The ground realities in different kinds of lands, in different kinds of terrains, in different kinds of social situations will dictate how we use these forty-two rupees. In some places, we may be able to produce a sapling for twenty-five rupees. In another place, it may be a hundred rupees. Calculating all this, we have arrived at this forty-two rupee number as an average.

To manage the funding, we have a very responsible board of people. Members of the board include a former Supreme Court judge, the Secretary-General and CEO of World Wide Fund for Nature in India, the Chairperson of Biocon, a former Chairperson of ISRO, the former vice-chairman of Tata Steel, the Director-General of Confederation of Indian Industry, the topmost water expert in the country, and the person who started the Farmer Producers Organization movement – he is considered the father of FPOs. The fund is going to be managed by an internationally reputed auditing firm, under the aegis of this board.

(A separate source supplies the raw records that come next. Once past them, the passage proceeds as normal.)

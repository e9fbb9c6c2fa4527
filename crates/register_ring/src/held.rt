//! Words for some of the registers.

use crate::members::next_member;
use mips_instructions::number::{REGISTERS, Reg, RegSet};
use std::marker::Model;

/// Words for some of the 34 registers, at most one for each: a mask and an array.
#[derive(Clone, Copy, Debug)]
pub struct RegisterWords {
    set: RegSet,
    words: [u32; 34],
}

impl Model for RegisterWords {
    ghost use Rattle.register_ring.specs.Held.{Held};

    ghost Value = { Held };

    ghost view = { λ w. record { set = w.set; words = w.words } };

    ghost inverse = { λ h. record { set = h.set; words = h.words } };
}

impl RegisterWords {
    ghost use Rattle.std.specs.Prelude.{◌≡◌, ℕ, ◌<◌, ◌^◌, IsTrue, ◌↔◌, if◌then◌else◌, slice_index, Some, None};
    ghost use Rattle.std.specs.Option.{option_or};
    ghost use Rattle.mips_instructions.specs.Words.{has};
    ghost use Rattle.machine_model.specs.Unit.{put};
    ghost use Rattle.machine_model.specs.Burst.{AllIn};
    ghost use Rattle.register_ring.specs.Held.{pairs, no_pairs};

    /// No word for any register.
    #[inline(always)]
    pub fn none() -> RegisterWords
        ensures { pairs result ≡ no_pairs }
    {
        RegisterWords {
            set: RegSet::empty(),
            words: [0; REGISTERS],
        }
    }

    /// A word for each register outside a set: for register r element r of `words`.
    #[inline(always)]
    pub fn all_but(words: &[u32; 34], absent: RegSet) -> RegisterWords
        ensures { (r : ℕ) → r < 34 → pairs result r ≡ (if has absent r then None else Some (slice_index words.now r)) }
    {
        RegisterWords {
            set: all_registers().minus(absent),
            words: *words,
        }
    }

    /// The registers that have a word.
    #[inline]
    pub fn set(&self) -> RegSet
        ensures value { result ≡ self.now.set }
        ensures range { result < 2 ^ 34 }
    {
        // The number of a set gives its range.
        let _ = self.set.bits();
        self.set
    }

    /// The word of a register; `None` where it has none.
    #[inline]
    pub fn get(&self, register: Reg) -> Option<u32>
        ensures { result ≡ pairs self.now register }
    {
        if self.set.has(register) {
            Some(self.words[usize::from(register.get())])
        } else {
            None
        }
    }

    /// Gives a register a word, replacing any that it has.
    #[inline]
    pub fn put(&mut self, register: Reg, word: u32)
        ensures { pairs self.new ≡ put register word (pairs self.old) }
    {
        self.set = self.set.insert(register);
        self.words[usize::from(register.get())] = word;
    }

    /// Gives each register r without a word element r of `words`.
    pub fn fill(&mut self, words: &[u32; 34])
        ensures { (r : ℕ) → r < 34 → pairs self.new r ≡ option_or (pairs self.old r) (Some (slice_index words.now r)) }
    {
        let all = all_registers();
        copy_each(all.minus(self.set), words, &mut self.words);
        self.set = all;
    }

    /// Whether each register that has a word here has the same word there.
    pub fn is_within(&self, other: &RegisterWords) -> bool
        ensures { IsTrue result ↔ AllIn (pairs self.now) (pairs other.now) }
    {
        let same = other.set.minus(differing(&self.words, &other.words));
        self.set.is_subset(same)
    }

    /// Whether the same registers have a word here and there, with equal words.
    pub fn is_same(&self, other: &RegisterWords) -> bool
        ensures { IsTrue result ↔ (pairs self.now ≡ pairs other.now) }
    {
        if self.set != other.set {
            return false;
        }
        self.is_within(other)
    }
}

ghost use Rattle.std.specs.Prelude.{◌≡◌, ℕ, ◌<◌, true, not, ◌==◌, if◌then◌else◌, slice_index, IsTrue};
ghost use Rattle.mips_instructions.specs.Words.{has};

/// The set of all registers.
#[inline]
fn all_registers() -> RegSet
    ensures { (r : ℕ) → r < 34 → has result r ≡ true }
{
    match RegSet::from_bits((1 << REGISTERS) - 1) {
        Some(all) => all,
        None => unreachable!(),
    }
}

/// Whether all words are equal. Every word is looked at, without a branch, so that several are compared at
/// once.
#[inline]
fn are_same(words: &[u32; 34], others: &[u32; 34]) -> bool
    ensures { IsTrue result → (r : ℕ) → r < 34 → slice_index words.now r ≡ slice_index others.now r }
{
    let mut same = true;
    for index in 0..REGISTERS {
        same &= words[index] == others[index];
    }
    same
}

/// The registers whose words differ: in most cases none.
#[inline]
fn differing(words: &[u32; 34], others: &[u32; 34]) -> RegSet
    ensures { (r : ℕ) → has result r ≡ not (slice_index words.now r == slice_index others.now r) }
{
    if are_same(words, others) {
        return RegSet::empty();
    }
    each_differing(words, others)
}

/// Like `differing`, but always looks at each register, without a branch: that takes less time than going
/// from one member of a set to the next.
fn each_differing(words: &[u32; 34], others: &[u32; 34]) -> RegSet
    ensures { (r : ℕ) → has result r ≡ not (slice_index words.now r == slice_index others.now r) }
{
    let mut bits = 0;
    for index in 0..REGISTERS {
        if words[index] != others[index] {
            bits |= 1 << index;
        }
    }
    match RegSet::from_bits(bits) {
        Some(set) => set,
        None => unreachable!(),
    }
}

/// Copies the words of the registers of a set.
fn copy_each(set: RegSet, words: &[u32; 34], to: &mut [u32; 34])
    ensures { (r : ℕ) → r < 34 → slice_index to.new r ≡ (if has set r then slice_index words.now r else slice_index to.old r) }
{
    let mut from = 0;
    while let Some(register) = next_member(set, from) {
        let index = usize::from(register.get());
        to[index] = words[index];
        from = register.get() + 1;
    }
}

sadhguru speaks to metrosaga
Bike Rally for Cauvery Calling

4. What can we youths do who are busy and popular on social media?

Sadhguru: 242 crore trees look like a big number, but we have billions of people on the planet. And today, we can reach every human being on the planet online and through social media – there are so many ways.

The best thing to do is everyone should start their own fundraising platforms. You must do this in a very clear, transparent way, so that nobody thinks there’s anything wrong about it. Make it very clear how many trees have been sponsored on your platform, and where you
have sent this money and how everything is happening.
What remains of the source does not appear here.